Acropora grandis is a colonial species of staghorn coral that can grow into a large clump as much as 7 m across. In shallow water it tends to grow as a prostrate, tangled bush with thick branches but in deeper water it has a more upright and open structure. The radial corallites are varied in shape and size and those near the tips of the branches are tubular and elongated. The general colour is usually reddish-brown but can be various shades of blue, green or purple. The branch tips are a paler colour, have multiple axial corallites and are fragile and easily damaged. The polyps usually have twelve tentacles, one of which is elongated, and are connected together inside the skeleton by a maze of interconnecting channels.
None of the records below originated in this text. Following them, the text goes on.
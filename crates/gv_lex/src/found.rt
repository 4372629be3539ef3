//! The fault of a grammar, at a token that may not stand where it does.

ghost use Rattle.std.specs.Prelude.{◌≡◌, ◌-◌, ◌^◌, ◌<◌, length};
ghost use Rattle.gv_lex.specs.Reading.{bytes_of as spec_bytes};
ghost use Rattle.gv_lex.specs.Unexpected as spec;

use gv_base::{Code, Kind, Token};
use gv_termread::number_of;
use gv_text::{Found, unexpected};

// The bytes of a token.
fn bytes_of(text: &[u8], token: Token) -> &[u8]
    ensures { result.now ≡ spec_bytes text.now token }
{
    let from = token.start as usize;
    let to = (token.end as usize).min(text.len());
    if from < to { &text[from..to] } else { &[] }
}

fn is_large(kind: Kind, bytes: &[u8]) -> bool
    ensures { result ≡ spec.is_large kind bytes.now }
{
    match kind {
        Kind::Number => number_of(bytes).is_none(),
        Kind::Word | Kind::Text | Kind::Sign | Kind::Semi => false,
    }
}

/// A token of a text, as the fault of a grammar tells it: where it begins, and whether it is a number of 2^64 or more.
pub fn found_in(text: &[u8], token: Token) -> Found
    ensures { result ≡ spec.found_in text.now token }
{
    Found {
        start: token.start,
        is_large: is_large(token.kind, bytes_of(text, token)),
    }
}

/// The fault of a grammar at the token with a number among those of a text of fewer than 2^32 - 1 bytes, as a byte and a
/// code: `Unexpected`, or `BadNumber` where it is a number of 2^64 or more, at its first byte; or `EndOfText` at the text's
/// end where there are no more tokens. This project's own.
pub fn unexpected_in(text: &[u8], tokens: &[Token], at: usize) -> (u32, Code)
    requires { length text.now < 2 ^ 32 - 1 }
    ensures { result ≡ spec.unexpected_in text.now tokens.now at }
{
    let end = text.len() as u32;
    match tokens.get(at) {
        Some(token) => unexpected(Some(found_in(text, *token)), end),
        None => unexpected(None, end),
    }
}
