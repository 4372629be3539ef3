//! Identifiers as pieces.

ghost use Rattle.std.specs.Prelude.{◌≡◌, ◌≤◌, length, slice_index};
ghost use Rattle.gv_lex.specs.Bytes.{is_name_byte as spec_name_byte};
ghost use Rattle.gv_lex.specs.Names as spec;

use crate::bytes::{is_name_byte, is_name_start};

/// How many bytes the identifier at the start of a text has, or 0 where there is none.
pub fn name_len(text: &[u8]) -> usize
    ensures value { result ≡ spec.name_length text.now }
    ensures within { result ≤ length text.now }
{
    match text {
        [first, rest @ ..] if is_name_start(*first) => 1 + name_rest(rest),
        _ => 0,
    }
}

#[tactic(auto, unfolding(crate::specs::Names::name_rest))]
fn name_rest(text: &[u8]) -> usize
    ensures value { result ≡ spec.name_rest text.now }
    ensures within { result ≤ length text.now }
{
    for (i, byte) in text.iter().enumerate() {
        if !goes_on(*byte, &text[i + 1..]) {
            return i;
        }
    }
    text.len()
}

fn goes_on(byte: u8, rest: &[u8]) -> bool
    ensures { result ≡ spec.goes_on byte (slice_index rest.now 0) }
{
    is_name_byte(byte) || byte == b'.' && begins_with_name_byte(rest)
}

fn begins_with_name_byte(text: &[u8]) -> bool
    ensures { result ≡ spec_name_byte (slice_index text.now 0) }
{
    match text {
        [first, ..] => is_name_byte(*first),
        [] => false,
    }
}
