//! Assertions over what is owned, and when a piece stands for them.
#![tactic(auto)]

mod laws;

pub use laws::{kept_parts, list_laws, range_laws};
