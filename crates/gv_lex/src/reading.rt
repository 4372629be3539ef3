//! The tokens of a text, or its first fault.

ghost use Rattle.std.specs.Prelude.{◌≡◌, ◌-◌, ◌^◌, ◌<◌, ℕ, List as Seq, All, length, IfOk, IfErr};
ghost use Rattle.gv_base.specs.Places.{place_at};
ghost use Rattle.gv_base.specs.Tokens.{AreSpans};
ghost use Rattle.gv_base.specs.declared.answers.Code.{Code as AnyCode};
ghost use Rattle.gv_base.specs.declared.token.Token.{Token as AnyToken};
ghost use Rattle.gv_text.specs.Cutting.{FaultsAt};
ghost use Rattle.gv_text.specs.Judging.{IsFound};
ghost use Rattle.gv_text.specs.Answers.{AreReadAs, IsRefusedAs};
ghost use Rattle.gv_text.specs.Scanning.{IsNext};
ghost use Rattle.gv_lex.specs.Names.{IsIdentifier};
ghost use Rattle.gv_lex.specs.Reading as spec;

use crate::form::{Form, form_of};
use crate::layout::lay;
use crate::pieces::{code_of, len_of};
use gv_base::{Code, Refusal, Token};
use gv_text::{Stop, judged, mark_len, utf8_end};
use std::alloc::Global;

// The piece that a text begins with, as its form and how many bytes it has; or the fault that stands at its start.
fn next_piece(text: &[u8]) -> Result<(Form, usize), Code>
    requires { 0 < length text.now }
    ensures piece { IfOk result (λ next. IsNext spec.own text.now next.0 next.1) }
    ensures fault { IfErr result (FaultsAt spec.own text.now 0) }
{
    let form = form_of(text);
    let len = len_of(form, text);
    if len == 0 {
        return Err(Code::BadChar);
    }
    match code_of(form, &text[..len]) {
        Some(code) => Err(code),
        None => Ok((form, len)),
    }
}

// The tokens of a text that may not be UTF-8.
fn tokens_of(alloc: Global, text: &[u8]) -> Result<Vec<Token>, Stop>
    requires { length text.now < 2 ^ 32 - 1 }
    ensures { IsFound spec.own text.now result }
{
    let mut out = Vec::new(alloc);
    let mut at = mark_len(text);
    while at < text.len() {
        let rest = &text[at..];
        match next_piece(rest) {
            Ok((form, len)) => {
                lay(&mut out, at as u32, form, &rest[..len])?;
                at += len;
            }
            Err(code) => return Err(Stop::At(at as u32, code)),
        }
    }
    Ok(out)
}

/// The tokens of a text of this project of fewer than 2^32 - 1 bytes, or its refusal: of a specification, a schedule, a
/// history, a list of moves or a script.
///
/// The text is cut into white space, comments and tokens, each the longest that can start at its place, after a byte
/// order mark, where it begins with one. Identifiers are words: an ASCII letter or `_`, and then ASCII letters, digits, `_`
/// and single dots between two of these. `#` with hexadecimal digits is a text, and of the signs
/// `;` has a kind of its own. A refusal stands at the text's least fault, with the lower code at one place: `BadUtf8`,
/// `BadChar`, and `BadNumber` for what begins with a digit and is no number, for a number above 2^127 and for a `#` with
/// an odd number of digits. `NoMemory` comes where memory runs out. This project's own.
pub fn lex(alloc: Global, text: &[u8]) -> Result<Vec<Token>, Refusal>
    requires { length text.now < 2 ^ 32 - 1 }

    // What is read is so, and what is so is read.
    ensures read { IfOk result (λ read. spec.IsRead text.now read.items) }
    ensures only { (tokens : Seq AnyToken) → spec.IsRead text.now tokens
        → AreReadAs tokens result }

    // Words are identifiers, and an identifier by itself is one word.
    ensures words { IfOk result (λ read. All (spec.IsIdentifierIfWord text.now) read.items) }
    ensures word { IsIdentifier text.now → AreReadAs (spec.one_word text.now) result }

    // The spans stand in order within the text.
    ensures spans { IfOk result (λ read. AreSpans 0 (length text.now) read.items) }

    // A refusal stands at the first fault, and where there is one, the text is refused there.
    ensures refused { IfErr result (spec.Refuses text.now) }
    ensures fault { (at : ℕ) (code : AnyCode) → spec.IsRefused text.now at code
        → IsRefusedAs (place_at text.now at) code result }
{
    judged(text, tokens_of(alloc, text), utf8_end(text))
}
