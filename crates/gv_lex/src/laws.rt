//! Laws of the definitions in this crate. Each function does nothing: its contract is the law.

ghost use Rattle.gv_text.specs.Judging.{DecidesTexts};
ghost use Rattle.gv_lex.specs.Reading.{own};

/// A text of this project is read as one list of tokens at most, or is refused at one place by one code at most, and not
/// both.
#[tactic(auto, using(gv_text::proofs::FirstFaults::decided))]
pub fn own_texts_are_decided()
    ensures { DecidesTexts own }
{}
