pub const ACT_NEXT_ATOM: u8 = 45;

pub const ACT_IN_ATOMS: u8 = 46;

pub const ACT_FACT: u8 = 47;

pub const ACT_HELD: u8 = 48;

pub const ACT_NO_ITEMS: u8 = 49;

pub const ACT_ITEM: u8 = 50;

pub const ACT_IN_ITEMS: u8 = 51;

pub const ACT_POSITIVE: u8 = 52;

pub const ACT_NEGATIVE: u8 = 53;

pub const ACT_NO_FACTORS: u8 = 54;

pub const ACT_FACTOR: u8 = 55;

pub const ACT_NEXT_FACTOR: u8 = 56;

pub const ACT_GIVEN: u8 = 57;

pub const ACT_AXIOM: u8 = 58;

pub const ACT_SUBST: u8 = 59;

pub const ACT_CONTRA: u8 = 60;

pub const ACT_LINEAR: u8 = 61;

pub const ACT_BY_CASES: u8 = 62;

pub const ACT_STEPS: u8 = 63;

pub const ACT_HOLE: u8 = 64;

pub const ACT_NO_HAVES: u8 = 65;

pub const ACT_STEP_HAVE: u8 = 66;

pub const ACT_HOLE_TERMS: u8 = 67;

pub const ACT_FILLED: u8 = 68;

pub const ACT_FILLED_PARENS: u8 = 69;

pub const ACT_FOLD: u8 = 70;

pub const ACT_UNFOLD: u8 = 71;

pub const ACT_UNFOLD_ARMS: u8 = 72;

pub const ACT_ON_ATOM: u8 = 73;

pub const ACT_HAVE: u8 = 74;

pub const ACT_LET: u8 = 75;

pub const ACT_REWRITE: u8 = 76;

pub const ACT_ABSURD: u8 = 77;

pub const ACT_CLASH: u8 = 78;

pub const ACT_CASES: u8 = 79;

pub const ACT_ON_PAIR: u8 = 80;

pub const ACT_HALVES_NEW: u8 = 81;

pub const ACT_HALVES_SET: u8 = 82;

pub const ACT_AT: u8 = 83;

pub const ACT_AT_HOLE: u8 = 84;

pub const ACT_MAP: u8 = 85;

pub const ACT_ALONE: u8 = 86;

pub const ACT_SIM: u8 = 87;

pub const ACT_ON_BLOCK: u8 = 88;

pub const ACT_BOOT: u8 = 89;

pub const ACT_GUARD: u8 = 90;

pub const ACT_SET_BOOK: u8 = 91;

pub const ACT_FORGET: u8 = 92;

pub const ACT_STEP: u8 = 93;

pub const ACT_TO: u8 = 94;

pub const ACT_MERGE: u8 = 95;

pub const ACT_VOID: u8 = 96;

pub const ACT_YIELD: u8 = 97;

pub const ACT_WORD_NAMES: u8 = 98;

pub const ACT_NO_DURING: u8 = 99;

pub const ACT_DURING: u8 = 100;

pub const ACT_NO_BLOCKS: u8 = 101;

pub const ACT_NEXT_BLOCK: u8 = 102;

pub const ACT_NO_ARMS: u8 = 103;

pub const ACT_NEXT_ARM: u8 = 104;

pub const ACT_ARM: u8 = 105;

pub const ACT_NO_COMMANDS: u8 = 106;

pub const ACT_COMMAND: u8 = 107;

pub const ACT_LAST: u8 = 108;

pub const ACT_CLOSED: u8 = 109;

pub const ACT_NOT_CLOSED: u8 = 110;

pub const ACT_BLOCK: u8 = 111;

pub const ACT_CASE: u8 = 112;

pub const ACT_NO_CASES: u8 = 113;

pub const ACT_NEXT_CASE: u8 = 114;

pub const ACT_NO_BOOKS: u8 = 115;

pub const ACT_BOOK: u8 = 116;

pub const ACT_NO_PREDS: u8 = 117;

pub const ACT_PRED: u8 = 118;

pub const ACT_NO_CUTS: u8 = 119;

pub const ACT_CUT: u8 = 120;

pub const ACT_NO_OPS: u8 = 121;

pub const ACT_OP: u8 = 122;

pub const ACT_NO_PROCS: u8 = 123;

pub const ACT_PROC: u8 = 124;

pub const ACT_SCRIPT: u8 = 125;

pub const RULE_TEXT_WHOLE: u16 = 34;

pub const RULE_BOOKS_MORE: u16 = 35;

pub const RULE_BOOKS_END: u16 = 36;

pub const RULE_PREDS_MORE: u16 = 37;

pub const RULE_PREDS_END: u16 = 38;

pub const RULE_CASE_CASE: u16 = 39;

pub const RULE_CASES_MORE: u16 = 40;

pub const RULE_CASES_END: u16 = 41;

pub const RULE_CUTS_MORE: u16 = 42;

pub const RULE_CUTS_END: u16 = 43;

pub const RULE_OPS_MORE: u16 = 44;

pub const RULE_OPS_END: u16 = 45;

pub const RULE_PROCS_MORE: u16 = 46;

pub const RULE_PROCS_END: u16 = 47;

pub const RULE_OWN_SOME: u16 = 48;

pub const RULE_OWN_NONE: u16 = 49;

pub const RULE_IN_NAMES_PARENS: u16 = 50;

pub const RULE_NAMES_SOME: u16 = 51;

pub const RULE_NAMES_NONE: u16 = 52;

pub const RULE_MORE_NAMES_MORE: u16 = 53;

pub const RULE_MORE_NAMES_END: u16 = 54;

pub const RULE_IN_PARS_PARENS: u16 = 55;

pub const RULE_PARS_SOME: u16 = 56;

pub const RULE_PARS_NONE: u16 = 57;

pub const RULE_MORE_PARS_MORE: u16 = 58;

pub const RULE_MORE_PARS_END: u16 = 59;

pub const RULE_IN_TERMS_PARENS: u16 = 60;

pub const RULE_TERMS_SOME: u16 = 61;

pub const RULE_TERMS_NONE: u16 = 62;

pub const RULE_MORE_TERMS_MORE: u16 = 63;

pub const RULE_MORE_TERMS_END: u16 = 64;

pub const RULE_INST_NAMED: u16 = 65;

pub const RULE_ATOM_EACH: u16 = 66;

pub const RULE_ATOM_PLAIN: u16 = 67;

pub const RULE_PLAIN_ATOM_ONE: u16 = 68;

pub const RULE_PLAIN_ATOM_TWO: u16 = 69;

pub const RULE_PLAIN_ATOM_THREE: u16 = 70;

pub const RULE_PLAIN_ATOM_CELL: u16 = 71;

pub const RULE_PLAIN_ATOM_FIELD: u16 = 72;

pub const RULE_PLAIN_ATOM_BOOK: u16 = 73;

pub const RULE_PLAIN_ATOM_LOCK: u16 = 74;

pub const RULE_PLAIN_ATOM_TOKEN: u16 = 75;

pub const RULE_PLAIN_ATOM_DONE: u16 = 76;

pub const RULE_PLAIN_ATOM_INST: u16 = 77;

pub const RULE_ONE_ARGS_PARENS: u16 = 78;

pub const RULE_TWO_ARGS_PARENS: u16 = 79;

pub const RULE_THREE_ARGS_PARENS: u16 = 80;

pub const RULE_CELL_ARGS_PARENS: u16 = 81;

pub const RULE_FIELD_ARGS_PARENS: u16 = 82;

pub const RULE_BOOK_ARGS_PARENS: u16 = 83;

pub const RULE_LOCK_ARGS_PARENS: u16 = 84;

pub const RULE_TOKEN_ARGS_PARENS: u16 = 85;

pub const RULE_REST_TERMS_MORE: u16 = 86;

pub const RULE_REST_TERMS_END: u16 = 87;

pub const RULE_DONE_ARGS_PARENS: u16 = 88;

pub const RULE_REPLY_SOME: u16 = 89;

pub const RULE_REPLY_NONE: u16 = 90;

pub const RULE_EACH_ARGS_PARENS: u16 = 91;

pub const RULE_EXCEPT_SOME: u16 = 92;

pub const RULE_EXCEPT_NONE: u16 = 93;

pub const RULE_ATOMS_SOME: u16 = 94;

pub const RULE_MORE_ATOMS_MORE: u16 = 95;

pub const RULE_MORE_ATOMS_END: u16 = 96;

pub const RULE_IN_ATOMS_PARENS: u16 = 97;

pub const RULE_HEAP_BRACES: u16 = 98;

pub const RULE_ITEMS_MORE: u16 = 99;

pub const RULE_ITEMS_END: u16 = 100;

pub const RULE_ITEM_SIGN: u16 = 101;

pub const RULE_ITEM_NUMBER: u16 = 102;

pub const RULE_ITEM_PAREN: u16 = 103;

pub const RULE_ITEM_MAKER: u16 = 104;

pub const RULE_ITEM_OF_ONE: u16 = 105;

pub const RULE_ITEM_OF_TWO: u16 = 106;

pub const RULE_ITEM_OF_THREE: u16 = 107;

pub const RULE_ITEM_CONSTANT: u16 = 108;

pub const RULE_ITEM_PLAIN: u16 = 109;

pub const RULE_ITEM_ONE: u16 = 110;

pub const RULE_ITEM_TWO: u16 = 111;

pub const RULE_ITEM_THREE: u16 = 112;

pub const RULE_ITEM_CELL: u16 = 113;

pub const RULE_ITEM_FIELD: u16 = 114;

pub const RULE_ITEM_BOOK: u16 = 115;

pub const RULE_ITEM_LOCK: u16 = 116;

pub const RULE_ITEM_TOKEN: u16 = 117;

pub const RULE_ITEM_DONE: u16 = 118;

pub const RULE_ITEM_EACH: u16 = 119;

pub const RULE_CONSTANT_ITEM_INST: u16 = 120;

pub const RULE_CONSTANT_ITEM_FACT: u16 = 121;

pub const RULE_PLAIN_ITEM_INST: u16 = 122;

pub const RULE_PLAIN_ITEM_FACT: u16 = 123;

pub const RULE_ONE_ITEM_ATOM: u16 = 124;

pub const RULE_ONE_ITEM_FACT: u16 = 125;

pub const RULE_TWO_ITEM_ATOM: u16 = 126;

pub const RULE_TWO_ITEM_FACT: u16 = 127;

pub const RULE_THREE_ITEM_ATOM: u16 = 128;

pub const RULE_THREE_ITEM_FACT: u16 = 129;

pub const RULE_CELL_ITEM_ATOM: u16 = 130;

pub const RULE_CELL_ITEM_FACT: u16 = 131;

pub const RULE_FIELD_ITEM_ATOM: u16 = 132;

pub const RULE_FIELD_ITEM_FACT: u16 = 133;

pub const RULE_BOOK_ITEM_ATOM: u16 = 134;

pub const RULE_BOOK_ITEM_FACT: u16 = 135;

pub const RULE_LOCK_ITEM_ATOM: u16 = 136;

pub const RULE_LOCK_ITEM_FACT: u16 = 137;

pub const RULE_TOKEN_ITEM_ATOM: u16 = 138;

pub const RULE_TOKEN_ITEM_FACT: u16 = 139;

pub const RULE_DONE_ITEM_ATOM: u16 = 140;

pub const RULE_DONE_ITEM_FACT: u16 = 141;

pub const RULE_EACH_ITEM_ATOM: u16 = 142;

pub const RULE_EACH_ITEM_FACT: u16 = 143;

pub const RULE_VARIABLE_ITEM_FACT: u16 = 144;

pub const RULE_OPERATORS_TAILS: u16 = 145;

pub const RULE_SECOND_SIGN: u16 = 146;

pub const RULE_SECOND_PRIM: u16 = 147;

pub const RULE_FIRST_TERM: u16 = 148;

pub const RULE_FIRST_DISJUNCTION_FIRST: u16 = 149;

pub const RULE_FIRST_DISJUNCTION_TAIL_MORE: u16 = 150;

pub const RULE_FIRST_DISJUNCTION_TAIL_END: u16 = 151;

pub const RULE_FIRST_CONJUNCTION_FIRST: u16 = 152;

pub const RULE_FIRST_CONJUNCTION_TAIL_MORE: u16 = 153;

pub const RULE_FIRST_CONJUNCTION_TAIL_END: u16 = 154;

pub const RULE_FIRST_COMPARISON_FIRST: u16 = 155;

pub const RULE_FIRST_COMPARISON_TAIL_MORE: u16 = 156;

pub const RULE_FIRST_COMPARISON_TAIL_END: u16 = 157;

pub const RULE_FIRST_SUM_FIRST: u16 = 158;

pub const RULE_FIRST_SUM_TAIL_MORE: u16 = 159;

pub const RULE_FIRST_SUM_TAIL_END: u16 = 160;

pub const RULE_FIRST_PRODUCT_FIRST: u16 = 161;

pub const RULE_FIRST_PRODUCT_TAIL_MORE: u16 = 162;

pub const RULE_FIRST_PRODUCT_TAIL_END: u16 = 163;

pub const RULE_FIRST_UNARY_SIGN: u16 = 164;

pub const RULE_FIRST_UNARY_PRIM: u16 = 165;

pub const RULE_FIRST_PRIM_NUMBER: u16 = 166;

pub const RULE_FIRST_PRIM_CONSTANT: u16 = 167;

pub const RULE_FIRST_PRIM_FREE: u16 = 168;

pub const RULE_FIRST_PRIM_PAREN: u16 = 169;

pub const RULE_FIRST_PRIM_MAKER: u16 = 170;

pub const RULE_FIRST_PRIM_ONE: u16 = 171;

pub const RULE_FIRST_PRIM_TWO: u16 = 172;

pub const RULE_FIRST_PRIM_THREE: u16 = 173;

pub const RULE_EQUATION_FIRST: u16 = 174;

pub const RULE_UNEQUAL_OTHER: u16 = 175;

pub const RULE_UNEQUAL_EQUAL: u16 = 176;

pub const RULE_EQUATED_OTHER: u16 = 177;

pub const RULE_EQUATED_EQUAL: u16 = 178;

pub const RULE_EQUATED_END: u16 = 179;

pub const RULE_CERT_GIVEN: u16 = 180;

pub const RULE_CERT_AXIOM: u16 = 181;

pub const RULE_CERT_SUBST: u16 = 182;

pub const RULE_CERT_CONTRA: u16 = 183;

pub const RULE_CERT_LINEAR: u16 = 184;

pub const RULE_CERT_CASES: u16 = 185;

pub const RULE_CERT_STEPS: u16 = 186;

pub const RULE_WITHIN_SOME: u16 = 187;

pub const RULE_WITHIN_NONE: u16 = 188;

pub const RULE_FACTORS_SOME: u16 = 189;

pub const RULE_FACTORS_NONE: u16 = 190;

pub const RULE_MORE_FACTORS_MORE: u16 = 191;

pub const RULE_MORE_FACTORS_END: u16 = 192;

pub const RULE_FACTORED_POSITIVE: u16 = 193;

pub const RULE_FACTORED_NEGATIVE: u16 = 194;

pub const RULE_HAVES_MORE: u16 = 195;

pub const RULE_HAVES_END: u16 = 196;

pub const RULE_CERT_OR_HOLE_CERT: u16 = 197;

pub const RULE_CERT_OR_HOLE_HOLE: u16 = 198;

pub const RULE_SIMPLE_ON_ATOM: u16 = 199;

pub const RULE_SIMPLE_LET: u16 = 200;

pub const RULE_SIMPLE_REWRITE: u16 = 201;

pub const RULE_SIMPLE_CLASH: u16 = 202;

pub const RULE_SIMPLE_ON_PAIR: u16 = 203;

pub const RULE_SIMPLE_HALVES: u16 = 204;

pub const RULE_SIMPLE_SPLIT: u16 = 205;

pub const RULE_SIMPLE_MAP: u16 = 206;

pub const RULE_SIMPLE_ALONE: u16 = 207;

pub const RULE_SIMPLE_SIM: u16 = 208;

pub const RULE_SIMPLE_ON_BLOCK: u16 = 209;

pub const RULE_SIMPLE_BOOT: u16 = 210;
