ghost use Rattle.std.specs.Prelude.{◌≡◌, ◌==◌, ◌<◌, nat_lt, nat_le, All};
ghost use Rattle.std.specs.List.{list_any};
ghost use Rattle.dali_events.specs.Used.{mark_of};
ghost use Rattle.dali_events.specs.Plan.{any_pair};

use dali_frame::{Random24, Short};

/// A gear that comes with a short address, and with the random address that it drew when it got it: as on a site that
/// was addressed before.
#[derive(Clone, Copy, Debug, PartialEq, Eq)]
pub struct Used {
    /// Its number on the site.
    pub gear: u32,
    pub short: Short,
    pub random: Random24,
}

/// What tells used gear apart.
#[derive(Clone, Copy)]
pub(crate) enum Mark {
    Gear,
    Short,
    Random,
}

impl Used {
    /// One of its three numbers.
    fn mark(&self, mark: Mark) -> u32
        ensures { result ≡ mark_of mark self.now }
    {
        match mark {
            Mark::Gear => self.gear,
            Mark::Short => u32::from(self.short.number()),
            Mark::Random => self.random.value(),
        }
    }
}

/// Whether a gear has this number in common with one of the others.
fn is_shared(one: &Used, others: &[Used], mark: Mark) -> bool
    ensures { result ≡ list_any (λ other. mark_of mark one.now == mark_of mark other) others.now }
{
    others
        .iter()
        .any(|other| one.mark(mark) == other.mark(mark))
}

/// Whether two of them have this number in common.
pub(crate) fn some_share(used: &[Used], mark: Mark) -> bool
    ensures { result ≡ any_pair (λ u v. mark_of mark u == mark_of mark v) used.now }
{
    for (i, one) in used.iter().enumerate() {
        if is_shared(one, &used[i + 1..], mark) {
            return true;
        }
    }
    false
}

/// Whether one of them is no gear of a site that has so many.
pub(crate) fn some_unknown(used: &[Used], gear: u32) -> bool
    ensures { result ≡ list_any (λ u. nat_le gear u.gear) used.now }
{
    used.iter().any(|one| gear <= one.gear)
}

/// Whether one of them has no random address below `FFFFFF`.
pub(crate) fn some_too_large(used: &[Used]) -> bool
    ensures { result ≡ list_any (λ u. nat_lt 0xFFFFFE u.random) used.now }
{
    used.iter().any(|one| one.random.value() > 0xFFFFFE)
}

/// Each has a short address below 64: its type says so, and nothing is tested.
pub(crate) fn all_short(used: &[Used])
    ensures { All (λ u. u.short < 64) used.now }
{
    for at in 0..used.len() {
        // For the prover: a short address is below 64.
        let _number = used[at].short.number();
    }
}

/// Whether a random address is one of those that will be drawn.
fn is_drawn(random: Random24, draws: &[Random24]) -> bool
    ensures { result ≡ list_any (λ draw. random == draw) draws.now }
{
    draws.iter().any(|draw| random.value() == draw.value())
}

/// Whether the random address of one of them will be drawn.
pub(crate) fn some_drawn(used: &[Used], draws: &[Random24]) -> bool
    ensures { result ≡ list_any (λ u. list_any (λ draw. u.random == draw) draws.now) used.now }
{
    for one in used {
        if is_drawn(one.random, draws) {
            return true;
        }
    }
    false
}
==Distribution and habitat==
Acropora grandis is found in shallow water in the western Indo-Pacific. Its range includes Madagascar, Mozambique, the Red Sea, Mauritius, Malaysia, Indonesia, New Guinea and the Great Barrier Reef. It grows in various reef locations but is more common on the upper slopes and in lagoons. The depth range is 5 to 15 m and it favours a well-lit site with a strong current.

==Biology==
Acropora grandis is a zooxanthellate species of coral. This means that it has symbiotic dinoflagellates living within its tissues. These photosynthetic microalgae, combined with pigments in the tissue, are responsible for the colour of the colony and provide a proportion of its nutritional needs.

Acropora grandis liberates its gametes into the sea where fertilisation takes place. Synchronised spawning takes place, and in the part of its range in the Northern Hemisphere, this is four or five days after the full moon. The larvae are planktonic and drift with the currents before settling on the seabed to start a new colony.

When fragments of Acropora grandis were planted into a mid-water nursery bed, over 95% survived and these were later transplanted onto a reef at Phi Phi Islands, Thailand that had been devastated by the 2004 Indian Ocean Tsunami. This was successful and showed that damaged reefs can be regenerated with the help of fast-growing corals.